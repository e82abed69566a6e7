// A log in slots of 128 bytes of lent memory. It never goes off.
ghost use Rattle.std.specs.Prelude.{◌≡◌, ◌+◌, ◌-◌, ◌*◌, ◌<◌, ◌≤◌, length, take, drop, if◌then◌else◌, nat_le, slice_set};
ghost use Rattle.wal.specs.Appends.{Appended};
ghost use Rattle.wal.specs.Journal.{entry, reading};
ghost use Rattle.wal.specs.Records.{stamped};
ghost use Rattle.wal.specs.Slots.{LastPassing, memory_journal, memory_room, memory_slots, with_slot};

use crate::records::{passes, record_in, room, stamp};
use crate::{AppendError, Log, RecordError};
use device::PowerOff;

// How many slots the memory has.
fn room_in(memory: &[u8]) -> u32
    ensures { result ≡ memory_room memory.now }
{
    room(memory.len() / 128)
}

// Positions are numbers from 1 on, as in records and on pages; a type for that would be taken apart here again.
fn slot(memory: &[u8], position: u32) -> &[u8]
    requires from_one { 0 < position }
    requires within { position ≤ memory_room memory.now }
    ensures value { result.now ≡ take 128 (drop ((position - 1) * 128) memory.now) }
    ensures whole { length result.now ≡ 128 }
{
    let start = (position - 1) as usize * 128;
    &memory[start..start + 128]
}

// The scan of a device's slots stands beside those; each reads slots of its own kind.
fn last_passing(memory: &[u8]) -> u32
    ensures { LastPassing (memory_slots memory.now) result }
{
    for position in (1..=room_in(memory)).rev() {
        if passes(position, slot(memory, position)) {
            return position;
        }
    }
    0
}

// Stamps a record into the slot of a position.
fn put(memory: &mut [u8], position: u32, bytes: &[u8; 128])
    requires from_one { 0 < position }
    requires within { position ≤ memory_room memory.old }
    ensures memory { memory.new ≡ with_slot position (stamped position bytes.now) memory.old }
    ensures room { memory_room memory.new ≡ memory_room memory.old }
    ensures slots { memory_slots memory.new ≡ slice_set (memory_slots memory.old) (position - 1) (entry (stamped position bytes.now)) }
{
    // by range: of chunks of a `&mut` slice the library does not say what the slice is in the end
    let start = (position - 1) as usize * 128;
    memory[start..start + 128].copy_from_slice(&stamp(position, bytes));
}

#[derive(Drop)]
pub struct SlotLog<'a> {
    memory: &'a mut [u8],
    // a length beside, since the memory is lent, and as large as it is
    used: u32,
    // the row ends at the last slot that passes
    pub ghost ends: { LastPassing (memory_slots memory.now) used },
}

impl<'a> SlotLog<'a> {
    // The row that the memory holds.
    pub fn new(memory: &'a mut [u8]) -> SlotLog<'a>
        ensures value { result.memory.now ≡ memory.old }
        ensures lent { result.memory.ghost_name ≡ memory.entry.ghost_name }
        ensures ends { LastPassing (memory_slots memory.old) result.used }
    {
        let used = last_passing(memory);
        SlotLog { memory, used }
    }

    fn look(&self, position: u32) -> Result<[u8; 128], RecordError>
        ensures { result ≡ reading (memory_journal self.now.memory.now self.now.used) position }
    {
        if position == 0 || position > self.used {
            return Err(RecordError::Lost);
        }
        record_in(slot(self.memory, position), position)
    }
}

impl<'a> Log for SlotLog<'a> {
    ghost journal = { λ l. memory_journal l.memory.now l.used };

    #[tactic(auto, using(crate::proofs::Memories::memory_length))]
    fn capacity(&self) -> u32 {
        room_in(self.memory)
    }

    fn powered(&self) -> bool {
        true
    }

    fn len(&mut self) -> Result<u32, PowerOff> {
        Ok(self.used)
    }

    fn read(&mut self, position: u32) -> Result<[u8; 128], RecordError> {
        self.look(position)
    }

    fn append(&mut self, bytes: &[u8; 128]) -> Result<u32, AppendError>
        ensures appended { Appended (memory_journal self.old.memory.now self.old.used) bytes.now result (memory_journal self.new.memory.now self.new.used) }
        ensures memory { self.new.memory.now ≡ (if nat_le (memory_room self.old.memory.now) self.old.used then self.old.memory.now else with_slot (self.old.used + 1) (stamped (self.old.used + 1) bytes.now) self.old.memory.now) }
        ensures lent { self.new.memory.ghost_name ≡ self.old.memory.ghost_name }
    {
        if self.used >= self.capacity() {
            return Err(AppendError::Full);
        }
        let position = self.used + 1;
        put(self.memory, position, bytes);
        self.used = position;
        Ok(position)
    }

    fn wake(&mut self) {}
}
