// Logs: what one means, and one in slots of lent memory.
#![tactic(auto)]

ghost use Rattle.std.specs.Prelude.{◌≡◌, ◌≤◌, length};
ghost use Rattle.wal.specs.Appends.{Appended};
ghost use Rattle.wal.specs.Journal.{Journal, measured, reading, woken};

mod errors;
mod laws;
mod records;
mod slot_log;

use device::PowerOff;
pub use errors::{AppendError, RecordError};
pub use laws::{appends_are_placed_or_leave_power_off, new_logs_are_empty_and_no_others};
pub use records::{passes, record_in, room, stamp};
pub use slot_log::SlotLog;

pub trait Log {
    // The capacity, the row of records and the power.
    ghost journal: { Self → Journal };

    fn capacity(&self) -> u32
        ensures value { result ≡ (journal self.now).capacity }
        ensures fits { length (journal self.now).records ≤ result };

    fn powered(&self) -> bool
        ensures { result ≡ (journal self.now).on };

    // A log on a device asks the device, which may take note of that, so long as the meaning stays.
    fn len(&mut self) -> Result<u32, PowerOff>
        ensures value { result ≡ measured (journal self.old) }
        ensures same { journal self.new ≡ journal self.old };

    fn read(&mut self, position: u32) -> Result<[u8; 128], RecordError>
        ensures value { result ≡ reading (journal self.old) position }
        ensures same { journal self.new ≡ journal self.old };

    fn append(&mut self, bytes: &[u8; 128]) -> Result<u32, AppendError>
        ensures { Appended (journal self.old) bytes.now result (journal self.new) };

    fn wake(&mut self)
        ensures { journal self.new ≡ woken (journal self.old) };
}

○ ○ ○ ○ ○ ○ ○

• **Task item**
Line by line, please reproduce the records exactly.

• **Reply**
repository e82abed69566a6e7
// A log in slots of 128 bytes of lent memory. It never goes off.
ghost use Rattle.std.specs.Prelude.{◌≡◌, ◌+◌, ◌-◌, ◌*◌, ◌<◌, ◌≤◌, length, take, drop, if◌then◌else◌, nat_le, slice_set};
ghost use Rattle.wal.specs.Appends.{Appended};
ghost use Rattle.wal.specs.Journal.{entry, reading};
ghost use Rattle.wal.specs.Records.{stamped};
ghost use Rattle.wal.specs.Slots.{LastPassing, memory_journal, memory_room, memory_slots, with_slot};

use crate::records::{passes, record_in, room, stamp};
use crate::{AppendError, Log, RecordError};
use device::PowerOff;

// How many slots the memory has.
fn room_in(memory: &[u8]) -> u32
    ensures { result ≡ memory_room memory.now }
{
    room(memory.len() / 128)
}

// Positions are numbers from 1 on, as in records and on pages; a type for that would be taken apart here again.
fn slot(memory: &[u8], position: u32) -> &[u8]
    requires from_one { 0 < position }
    requires within { position ≤ memory_room memory.now }
    ensures value { result.now ≡ take 128 (drop ((position - 1) * 128) memory.now) }
    ensures whole { length result.now ≡ 128 }
{
    let start = (position - 1) as usize * 128;
    &memory[start..start + 128]
}

// The scan of a device's slots stands beside those; each reads slots of its own kind.
fn last_passing(memory: &[u8]) -> u32
    ensures { LastPassing (memory_slots memory.now) result }
{
    for position in (1..=room_in(memory)).rev() {
        if passes(position, slot(memory, position)) {
            return position;
        }
    }
    0
}

// Stamps a record into the slot of a position.
fn put(memory: &mut [u8], position: u32, bytes: &[u8; 128])
    requires from_one { 0 < position }
    requires within { position ≤ memory_room memory.old }
    ensures memory { memory.new ≡ with_slot position (stamped position bytes.now) memory.old }
    ensures room { memory_room memory.new ≡ memory_room memory.old }
    ensures slots { memory_slots memory.new ≡ slice_set (memory_slots memory.old) (position - 1) (entry (stamped position bytes.now)) }
{
    // by range: of chunks of a `&mut` slice the library does not say what the slice is in the end
    let start = (position - 1) as usize * 128;
    memory[start..start + 128].copy_from_slice(&stamp(position, bytes));
}

#[derive(Drop)]
pub struct SlotLog<'a> {
    memory: &'a mut [u8],
    // a length beside, since the memory is lent, and as large as it is
    used: u32,
    // the row ends at the last slot that passes
    pub ghost ends: { LastPassing (memory_slots memory.now) used },
}

impl<'a> SlotLog<'a> {
    // The row that the memory holds.
    pub fn new(memory: &'a mut [u8]) -> SlotLog<'a>
        ensures value { result.memory.now ≡ memory.old }
        ensures lent { result.memory.ghost_name ≡ memory.entry.ghost_name }
        ensures ends { LastPassing (memory_slots memory.old) result.used }
    {
        let used = last_passing(memory);
        SlotLog { memory, used }
    }

    fn look(&self, position: u32) -> Result<[u8; 128], RecordError>
        ensures { result ≡ reading (memory_journal self.now.memory.now self.now.used) position }
    {
        if position == 0 || position > self.used {
            return Err(RecordError::Lost);
        }
        record_in(slot(self.memory, position), position)
    }
}

impl<'a> Log for SlotLog<'a> {
    ghost journal = { λ l. memory_journal l.memory.now l.used };

    #[tactic(auto, using(crate::proofs::Memories::memory_length))]
    fn capacity(&self) -> u32 {
        room_in(self.memory)
    }

    fn powered(&self) -> bool {
        true
    }

    fn len(&mut self) -> Result<u32, PowerOff> {
        Ok(self.used)
    }

    fn read(&mut self, position: u32) -> Result<[u8; 128], RecordError> {
        self.look(position)
    }

    fn append(&mut self, bytes: &[u8; 128]) -> Result<u32, AppendError>
        ensures appended { Appended (memory_journal self.old.memory.now self.old.used) bytes.now result (memory_journal self.new.memory.now self.new.used) }
        ensures memory { self.new.memory.now ≡ (if nat_le (memory_room self.old.memory.now) self.old.used then self.old.memory.now else with_slot (self.old.used + 1) (stamped (self.old.used + 1) bytes.now) self.old.memory.now) }
        ensures lent { self.new.memory.ghost_name ≡ self.old.memory.ghost_name }
    {
        if self.used >= self.capacity() {
            return Err(AppendError::Full);
        }
        let position = self.used + 1;
        put(self.memory, position, bytes);
        self.used = position;
        Ok(position)
    }

    fn wake(&mut self) {}
}
// Logs: what one means, and one in slots of lent memory.
#![tactic(auto)]

ghost use Rattle.std.specs.Prelude.{◌≡◌, ◌≤◌, length};
ghost use Rattle.wal.specs.Appends.{Appended};
ghost use Rattle.wal.specs.Journal.{Journal, measured, reading, woken};

mod errors;
mod laws;
mod records;
mod slot_log;

use device::PowerOff;
pub use errors::{AppendError, RecordError};
pub use laws::{appends_are_placed_or_leave_power_off, new_logs_are_empty_and_no_others};
pub use records::{passes, record_in, room, stamp};
pub use slot_log::SlotLog;

pub trait Log {
    // The capacity, the row of records and the power.
    ghost journal: { Self → Journal };

    fn capacity(&self) -> u32
        ensures value { result ≡ (journal self.now).capacity }
        ensures fits { length (journal self.now).records ≤ result };

    fn powered(&self) -> bool
        ensures { result ≡ (journal self.now).on };

    // A log on a device asks the device, which may take note of that, so long as the meaning stays.
    fn len(&mut self) -> Result<u32, PowerOff>
        ensures value { result ≡ measured (journal self.old) }
        ensures same { journal self.new ≡ journal self.old };

    fn read(&mut self, position: u32) -> Result<[u8; 128], RecordError>
        ensures value { result ≡ reading (journal self.old) position }
        ensures same { journal self.new ≡ journal self.old };

    fn append(&mut self, bytes: &[u8; 128]) -> Result<u32, AppendError>
        ensures { Appended (journal self.old) bytes.now result (journal self.new) };

    fn wake(&mut self)
        ensures { journal self.new ≡ woken (journal self.old) };
}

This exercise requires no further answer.